//! Shapes of memories: what an index of an access is, where an element lies, and which limits the
//! memories and copies of a program exceed.
//! Stands on `dh_tree`, `dh_value` and `dh_base`. docs/LANGUAGE.md tells the rules.
#![tactic(auto)]

mod copies;
mod counting;
mod indices;
mod limits;
mod places;

pub use indices::{IndexKind, classify};
pub use limits::within;
pub use places::bank_row;
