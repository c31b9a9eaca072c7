//! Which limits the memories and copies of a program exceed.

ghost use Rattle.std.specs.Prelude.{◌≡◌, ◌*◌, min};
ghost use Rattle.dh_tree.specs.Elements.{banks_of};
ghost use Rattle.dh_tree.specs.Excesses.{most_counted, copies_excess, first_excess};
ghost use Rattle.dh_tree.specs.Seen.{program_seen};
ghost use Rattle.dh_tree.specs.Tables.{elements_of, elements_in};
ghost use Rattle.dh_shape.specs.Above.{excess_in, first_excess_in, excess_of, TellsExcess};

use crate::copies::copies_above;
use crate::counting::{excess, product, total};
use dh_base::{Excess, Limit};
use dh_tree::{Dim, MemEntry, Shape, Typed};

/// What is counted of a memory by itself.
#[derive(Clone, Copy)]
enum Measure {
    Dimensions,
    Banks,
    Ports,
}

/// A count times the banks of a dimension, as far as counts go.
fn times_banks(count: u64, dim: &Dim) -> u64
    ensures { result ≡ min (count * dim.now.banks) most_counted }
{
    product(count, dim.banks)
}

/// A count times the size of a dimension, as far as counts go.
fn times_size(count: u64, dim: &Dim) -> u64
    ensures { result ≡ min (count * dim.now.size) most_counted }
{
    product(count, dim.size)
}

/// The banks of all dimensions together, as far as counts go.
fn banks(dims: &[Dim]) -> u64
    ensures { result ≡ min (banks_of dims.now) most_counted }
{
    let mut count = 1;
    for dim in dims {
        count = times_banks(count, dim);
    }
    count
}

/// The elements of a memory, as far as counts go.
fn elements(dims: &[Dim]) -> u64
    ensures { result ≡ min (elements_of dims.now) most_counted }
{
    let mut count = 1;
    for dim in dims {
        count = times_size(count, dim);
    }
    count
}

/// The elements of all memories together, as far as counts go.
fn all_elements(entries: &[MemEntry]) -> u64
    ensures { result ≡ min (elements_in entries.now) most_counted }
{
    let mut count = 0;
    for entry in entries {
        count = total(count, elements(entry.shape.dims.as_slice()));
    }
    count
}

/// What is counted of a memory, where it is above its limit.
fn measured(measure: Measure, shape: &Shape) -> Option<Excess>
    ensures { result ≡ excess_in measure shape.now }
{
    match measure {
        Measure::Dimensions => excess(Limit::Dimensions, shape.dims.len() as u64),
        Measure::Banks => excess(Limit::Banks, banks(shape.dims.as_slice())),
        Measure::Ports => excess(Limit::Ports, shape.ports),
    }
}

/// The first memory of which that is above its limit.
fn first_above(measure: Measure, entries: &[MemEntry]) -> Option<Excess>
    ensures { result ≡ first_excess_in measure entries.now }
{
    for entry in entries {
        let excess = measured(measure, &entry.shape);
        if excess.is_some() {
            return excess;
        }
    }
    None
}

/// The first excess of a table, with that of copies in its place.
fn table_excess(entries: &[MemEntry], copies: Option<Excess>) -> Option<Excess>
    ensures { result ≡ excess_of copies entries.now }
{
    if let Some(excess) = first_above(Measure::Dimensions, entries) {
        return Some(excess);
    }
    if let Some(excess) = first_above(Measure::Banks, entries) {
        return Some(excess);
    }
    if let Some(excess) = first_above(Measure::Ports, entries) {
        return Some(excess);
    }
    if let Some(excess) = copies {
        return Some(excess);
    }
    excess(Limit::Elements, all_elements(entries))
}

/// The first excess of copies of a program. Where it is told that there is none, nothing is walked over.
fn program_copies(typed: &Typed) -> Option<Excess>
    ensures { result ≡ copies_excess 1 (program_seen typed.now).body }
{
    if typed.has_few_copies() {
        None
    } else {
        copies_above(1, &typed.tree().body)
    }
}

/// Tells whether the memories and copies of a program keep the limits. Takes no memory.
///
/// # Errors
///
/// The first excess: of the dimensions of a memory, then of its banks over all dimensions, then of the
/// ports of a bank, each of the first memory that has too many; then of the copies of one place, of the
/// first loop inside which there are too many; then of the elements of all memories together. Counts stop
/// at 1,000,000,000.
pub fn within(typed: &Typed) -> Result<(), Excess>
    ensures { TellsExcess (first_excess (program_seen typed.now)) result }
{
    let copies = program_copies(typed);
    match table_excess(typed.memories().as_slice(), copies) {
        Some(excess) => Err(excess),
        None => Ok(()),
    }
}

PROMPT >>
Copy the material above exactly. Include every line.

FINAL ANSWER >>
//! Shapes of memories: what an index of an access is, where an element lies, and which limits the
//! memories and copies of a program exceed.
//! Stands on `dh_tree`, `dh_value` and `dh_base`. docs/LANGUAGE.md tells the rules.
#![tactic(auto)]

mod copies;
mod counting;
mod indices;
mod limits;
mod places;

pub use indices::{IndexKind, classify};
pub use limits::within;
pub use places::bank_row;
repository c31b9a9eaca072c7
//! Which limits the memories and copies of a program exceed.

ghost use Rattle.std.specs.Prelude.{◌≡◌, ◌*◌, min};
ghost use Rattle.dh_tree.specs.Elements.{banks_of};
ghost use Rattle.dh_tree.specs.Excesses.{most_counted, copies_excess, first_excess};
ghost use Rattle.dh_tree.specs.Seen.{program_seen};
ghost use Rattle.dh_tree.specs.Tables.{elements_of, elements_in};
ghost use Rattle.dh_shape.specs.Above.{excess_in, first_excess_in, excess_of, TellsExcess};

use crate::copies::copies_above;
use crate::counting::{excess, product, total};
use dh_base::{Excess, Limit};
use dh_tree::{Dim, MemEntry, Shape, Typed};

/// What is counted of a memory by itself.
#[derive(Clone, Copy)]
enum Measure {
    Dimensions,
    Banks,
    Ports,
}

/// A count times the banks of a dimension, as far as counts go.
fn times_banks(count: u64, dim: &Dim) -> u64
    ensures { result ≡ min (count * dim.now.banks) most_counted }
{
    product(count, dim.banks)
}

/// A count times the size of a dimension, as far as counts go.
fn times_size(count: u64, dim: &Dim) -> u64
    ensures { result ≡ min (count * dim.now.size) most_counted }
{
    product(count, dim.size)
}

/// The banks of all dimensions together, as far as counts go.
fn banks(dims: &[Dim]) -> u64
    ensures { result ≡ min (banks_of dims.now) most_counted }
{
    let mut count = 1;
    for dim in dims {
        count = times_banks(count, dim);
    }
    count
}

/// The elements of a memory, as far as counts go.
fn elements(dims: &[Dim]) -> u64
    ensures { result ≡ min (elements_of dims.now) most_counted }
{
    let mut count = 1;
    for dim in dims {
        count = times_size(count, dim);
    }
    count
}

/// The elements of all memories together, as far as counts go.
fn all_elements(entries: &[MemEntry]) -> u64
    ensures { result ≡ min (elements_in entries.now) most_counted }
{
    let mut count = 0;
    for entry in entries {
        count = total(count, elements(entry.shape.dims.as_slice()));
    }
    count
}

/// What is counted of a memory, where it is above its limit.
fn measured(measure: Measure, shape: &Shape) -> Option<Excess>
    ensures { result ≡ excess_in measure shape.now }
{
    match measure {
        Measure::Dimensions => excess(Limit::Dimensions, shape.dims.len() as u64),
        Measure::Banks => excess(Limit::Banks, banks(shape.dims.as_slice())),
        Measure::Ports => excess(Limit::Ports, shape.ports),
    }
}

/// The first memory of which that is above its limit.
fn first_above(measure: Measure, entries: &[MemEntry]) -> Option<Excess>
    ensures { result ≡ first_excess_in measure entries.now }
{
    for entry in entries {
        let excess = measured(measure, &entry.shape);
        if excess.is_some() {
            return excess;
        }
    }
    None
}

/// The first excess of a table, with that of copies in its place.
fn table_excess(entries: &[MemEntry], copies: Option<Excess>) -> Option<Excess>
    ensures { result ≡ excess_of copies entries.now }
{
    if let Some(excess) = first_above(Measure::Dimensions, entries) {
        return Some(excess);
    }
    if let Some(excess) = first_above(Measure::Banks, entries) {
        return Some(excess);
    }
    if let Some(excess) = first_above(Measure::Ports, entries) {
        return Some(excess);
    }
    if let Some(excess) = copies {
        return Some(excess);
    }
    excess(Limit::Elements, all_elements(entries))
}

/// The first excess of copies of a program. Where it is told that there is none, nothing is walked over.
fn program_copies(typed: &Typed) -> Option<Excess>
    ensures { result ≡ copies_excess 1 (program_seen typed.now).body }
{
    if typed.has_few_copies() {
        None
    } else {
        copies_above(1, &typed.tree().body)
    }
}

/// Tells whether the memories and copies of a program keep the limits. Takes no memory.
///
/// # Errors
///
/// The first excess: of the dimensions of a memory, then of its banks over all dimensions, then of the
/// ports of a bank, each of the first memory that has too many; then of the copies of one place, of the
/// first loop inside which there are too many; then of the elements of all memories together. Counts stop
/// at 1,000,000,000.
pub fn within(typed: &Typed) -> Result<(), Excess>
    ensures { TellsExcess (first_excess (program_seen typed.now)) result }
{
    let copies = program_copies(typed);
    match table_excess(typed.memories().as_slice(), copies) {
        Some(excess) => Err(excess),
        None => Ok(()),
    }
}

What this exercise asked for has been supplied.